> _Data for this exercise_
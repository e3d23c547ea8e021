//! Verdicts on claims as lines.

ghost use Rattle.std.specs.Prelude.{◌≡◌, ◌++◌, IfOk};
ghost use Rattle.ask_claims.specs.Lines.{claim_line, claim_lines, verdicts_text};

use crate::claim::Claim;
use ask_verdicts::{Verdict, push_counts, push_verdict};
use flow_systems::Footer;
use lang_tree::Name;
use out_report::{push_footer, push_number};
use std::alloc::{AllocError, Global};

/// Appends the line of a claim.
fn push_claim(
    text: &mut Vec<u8>,
    names: &[Name],
    number: usize,
    claim: &Claim,
    verdict: &Verdict,
) -> Result<(), AllocError>
    ensures { IfOk result (λ _. text.new.items ≡ text.old.items ++ claim_line names.now number claim.now verdict.now) }
{
    text.extend_from_slice(b"claim ")?;
    push_number(text, number as u64)?;
    text.extend_from_slice(b" ")?;
    text.extend_from_slice(claim.label.bytes())?;
    text.extend_from_slice(b": ")?;
    push_verdict(text, names, verdict)?;
    text.extend_from_slice(b"\n")?;
    Ok(())
}

/// Appends the lines of all claims.
fn push_claims(
    text: &mut Vec<u8>,
    names: &[Name],
    claims: &[Claim],
    verdicts: &[Verdict],
) -> Result<(), AllocError>
    ensures { IfOk result (λ _. text.new.items ≡ text.old.items ++ claim_lines names.now 0 claims.now verdicts.now) }
{
    for number in 0..claims.len().min(verdicts.len()) {
        push_claim(text, names, number, &claims[number], &verdicts[number])?;
    }
    Ok(())
}

/// The verdicts on claims as lines (docs/FORMATS.md, "Verdicts"): one for each claim, counted from 0, an open one with the values
/// of the variables of these names; then how many are proved, and how many improvements were made.
pub fn verdicts_text(
    alloc: Global,
    names: &[Name],
    claims: &[Claim],
    verdicts: &[Verdict],
    improvements: u32,
) -> Result<Vec<u8>, AllocError>
    ensures { IfOk result (λ text. text.items ≡ verdicts_text names.now claims.now verdicts.now improvements) }
{
    let mut text = Vec::new(alloc);
    push_claims(&mut text, names, claims, verdicts)?;
    push_counts(&mut text, verdicts, claims.len())?;
    push_footer(&mut text, Footer::Improvements(improvements))?;
    Ok(text)
}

> _Work item_
Each entry in the data should be restated exactly as it was written.

> _Exercise response_
repository e3d23c547ea8e021
//! Verdicts on claims as lines.

ghost use Rattle.std.specs.Prelude.{◌≡◌, ◌++◌, IfOk};
ghost use Rattle.ask_claims.specs.Lines.{claim_line, claim_lines, verdicts_text};

use crate::claim::Claim;
use ask_verdicts::{Verdict, push_counts, push_verdict};
use flow_systems::Footer;
use lang_tree::Name;
use out_report::{push_footer, push_number};
use std::alloc::{AllocError, Global};

/// Appends the line of a claim.
fn push_claim(
    text: &mut Vec<u8>,
    names: &[Name],
    number: usize,
    claim: &Claim,
    verdict: &Verdict,
) -> Result<(), AllocError>
    ensures { IfOk result (λ _. text.new.items ≡ text.old.items ++ claim_line names.now number claim.now verdict.now) }
{
    text.extend_from_slice(b"claim ")?;
    push_number(text, number as u64)?;
    text.extend_from_slice(b" ")?;
    text.extend_from_slice(claim.label.bytes())?;
    text.extend_from_slice(b": ")?;
    push_verdict(text, names, verdict)?;
    text.extend_from_slice(b"\n")?;
    Ok(())
}

/// Appends the lines of all claims.
fn push_claims(
    text: &mut Vec<u8>,
    names: &[Name],
    claims: &[Claim],
    verdicts: &[Verdict],
) -> Result<(), AllocError>
    ensures { IfOk result (λ _. text.new.items ≡ text.old.items ++ claim_lines names.now 0 claims.now verdicts.now) }
{
    for number in 0..claims.len().min(verdicts.len()) {
        push_claim(text, names, number, &claims[number], &verdicts[number])?;
    }
    Ok(())
}

/// The verdicts on claims as lines (docs/FORMATS.md, "Verdicts"): one for each claim, counted from 0, an open one with the values
/// of the variables of these names; then how many are proved, and how many improvements were made.
pub fn verdicts_text(
    alloc: Global,
    names: &[Name],
    claims: &[Claim],
    verdicts: &[Verdict],
    improvements: u32,
) -> Result<Vec<u8>, AllocError>
    ensures { IfOk result (λ text. text.items ≡ verdicts_text names.now claims.now verdicts.now improvements) }
{
    let mut text = Vec::new(alloc);
    push_claims(&mut text, names, claims, verdicts)?;
    push_counts(&mut text, verdicts, claims.len())?;
    push_footer(&mut text, Footer::Improvements(improvements))?;
    Ok(text)
}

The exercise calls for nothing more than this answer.